- Kusmi Location in Chhattisgarh, India Kusmi Kusmi (India)
- Coordinates: 23°17′N 83°54′E﻿ / ﻿23.28°N 83.90°E
- State: Chhattisgarh
- District: Balrampur
- Block: kusmi

Government
- • Type: Nagar Panchayat

Languages
- • Official: Hindi
- Time zone: UTC+5:30 (IST)
- PIN: 497224
- Vehicle registration: CG

= Kusmi =

Kusmi is one of the administrative blocks of the Balrampur district, Chhattisgarh in the Indian state of Chhattisgarh.

== Geography ==
Kusmi, a Tehsil/Block, is located 96 km northeast of Ambikapur. Kusmi is a part of Samri (Vidhan Sabha constituency). It is connected by two roads, both of which join the NH 343. One road passes through Rajpur and another passes through Samri Chandarpur Semarsot.
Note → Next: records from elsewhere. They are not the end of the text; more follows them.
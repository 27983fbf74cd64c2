// An acknowledge and a break, on the bytes of what a standing connection sends.
#![tactic(auto)]

ghost use Rattle.std.specs.Prelude.{◌≡◌, ◌≤◌, T, length, get_or};
ghost use Rattle.link.specs.Connection.{broken};
ghost use Rattle.link_layout.specs.Sizes.{out_in, out_size, talk_size};
ghost use Rattle.link_layout.specs.Connection.{out, talk};
ghost use Rattle.link_layout.specs.Turned.{is_there, put_or};
ghost use Rattle.link_acknowledging.specs.Acknowledging.{restarted, next_of, cut_of, waiting, accepted, repeated, acknowledged_in};

use integers::{put_word, wide};
use link_places::{AGAIN_IN, BLOCK_IN, OUT_IN, OUT_SIZE, REPEATS_IN, REST_IN, SN_IN, TALK_SIZE};
use places::NUMBER;

// Whether a message's telegrams are sent, or T1 runs.
const SENDS: u8 = 1;

const ASKS: u8 = 2;

// The most bytes of a data telegram.
const IN_TELEGRAM: u32 = 7;

// T_Wait in microseconds; how often telegrams of a block may be asked for again.
const WAIT: u32 = 100000;

const MOST_AGAIN: u8 = 5;

// Where in a message the bytes left of it begin; where in what is sent the block does.
const REST: usize = BLOCK_IN + REST_IN;

const BLOCK: usize = OUT_IN + BLOCK_IN;

// The telegrams of the block are sent from one of them on.
fn restart(s: &mut [u8], taken: u8, again: u8)
    requires { (length s.old ≡ out_size) × T (out.valid s.old) }
    ensures { s.new ≡ out.put (restarted taken again (out.get s.old)) }
{
    s[0] = SENDS;
    s[BLOCK_IN] = taken;
    s[BLOCK_IN + REPEATS_IN] = 0;
    s[BLOCK_IN + AGAIN_IN] = again;
    put_word(&mut s[1..BLOCK_IN], 0);
}

// The block was acknowledged: the next one, or the message's end.
fn next_block(s: &mut [u8])
    requires { (length s.old ≡ out_size) × T (out.valid s.old) × (get_or s.old 0 0 ≡ 2) }
    ensures { s.new ≡ out.put (next_of (out.get s.old)) }
{
    let done = IN_TELEGRAM * wide(s[BLOCK_IN]);
    if link_store::count(&s[REST..OUT_SIZE]) <= done {
        octets::zero(s);
        return;
    }
    restart(s, 0, 0);
    link_store::drop_bytes(&mut s[REST..OUT_SIZE], done as usize);
}

// One empty telegram takes the place of the rest, where one is not yet taken; whether it does.
fn cut(s: &mut [u8]) -> bool
    requires { (length s.old ≡ out_size) × T (out.valid s.old) }
    ensures { (result ≡ is_there (cut_of (out.get s.old))) × (s.new ≡ put_or out (cut_of (out.get s.old)) s.old) }
{
    if s[0] == 0 {
        return false;
    }
    let held = link_store::count(&s[REST..OUT_SIZE]);
    if link_measures::telegrams(held) <= wide(s[BLOCK_IN]) {
        return false;
    }
    restart(s, 0, 0);
    link_store::clear(&mut s[REST..OUT_SIZE]);
    true
}

// Not ready: T_Wait runs.
fn wait(s: &mut [u8], ready: bool)
    requires { (length s.old ≡ talk_size) × T (talk.valid s.old) }
    ensures { s.new ≡ talk.put (waiting ready (talk.get s.old)) }
{
    if ready {
        return;
    }
    put_word(&mut s[0..NUMBER], WAIT);
}

// All telegrams of the block are acknowledged.
fn accept(s: &mut [u8], ready: bool, sn: u8)
    requires { (length s.old ≡ talk_size) × T (talk.valid s.old) × (get_or s.old out_in 0 ≡ 2) }
    ensures { s.new ≡ talk.put (accepted ready sn (talk.get s.old)) }
{
    wait(s, ready);
    next_block(&mut s[OUT_IN..TALK_SIZE]);
    s[SN_IN] = sn;
}

// Those from one of them on are asked for again.
fn repeat(s: &mut [u8], ready: bool, at: u8, again: u8)
    requires { (length s.old ≡ talk_size) × T (talk.valid s.old) }
    ensures { s.new ≡ talk.put (repeated ready at again (talk.get s.old)) }
{
    wait(s, ready);
    restart(&mut s[OUT_IN..TALK_SIZE], at, again);
}

// An acknowledge with this SN, ready or not; false where it ends the connection, and then nothing changes here.
pub fn acknowledge(s: &mut [u8], ready: bool, sn: u8) -> bool
    requires { (length s.old ≡ talk_size) × T (talk.valid s.old) × ((talk.get s.old).sn ≤ 15) }
    ensures { (result ≡ is_there (acknowledged_in ready sn (talk.get s.old) (talk.get s.old).out)) × (s.new ≡ put_or talk (acknowledged_in ready sn (talk.get s.old) (talk.get s.old).out) s.old) }
{
    if s[OUT_IN] != ASKS {
        return true;
    }
    let taken = s[BLOCK];
    let at = ((wide(sn) + 16 - wide(s[SN_IN])) % 16) as u8;
    if at == taken {
        accept(s, ready, sn);
        return true;
    }
    if at > taken {
        return true;
    }
    let again = s[BLOCK + AGAIN_IN];
    if again >= MOST_AGAIN {
        return false;
    }
    repeat(s, ready, at, again + 1);
    true
}

// A break, where a telegram of the message is not yet taken: the empty one has the SN that comes next.
pub fn break_off(s: &mut [u8])
    requires { (length s.old ≡ talk_size) × T (talk.valid s.old) }
    ensures { s.new ≡ talk.put (broken (talk.get s.old) (talk.get s.old).out) }
{
    let sn = ((wide(s[SN_IN]) + wide(s[BLOCK])) % 16) as u8;
    if cut(&mut s[OUT_IN..TALK_SIZE]) {
        s[SN_IN] = sn;
    }
}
The area has excellent wireless and broadband coverage.

===Languages===
Hindi is the official and most spoken language, along with Bhojpuri, a tongue in the Bihari language group with almost 40,000,000 speakers. Bhojpuri is written in both the Devanagari and Kaithi scripts.

==Facilities==
- Market: A small market known as Kusmi Bazaar is situated in middle of the town. The bazaar includes shops such as a medical store, electrical store, and various clothing stores.:

- Police Station: A police station is situated at the heart of Kusmi.
- Post Office: A post office with speed-post parcel and other postal services is located at Aryan Lodge Samri road.

- Water stations: Two potable water stations are available.
- Bank: Kusmi has several banks, of which SBI is dominant.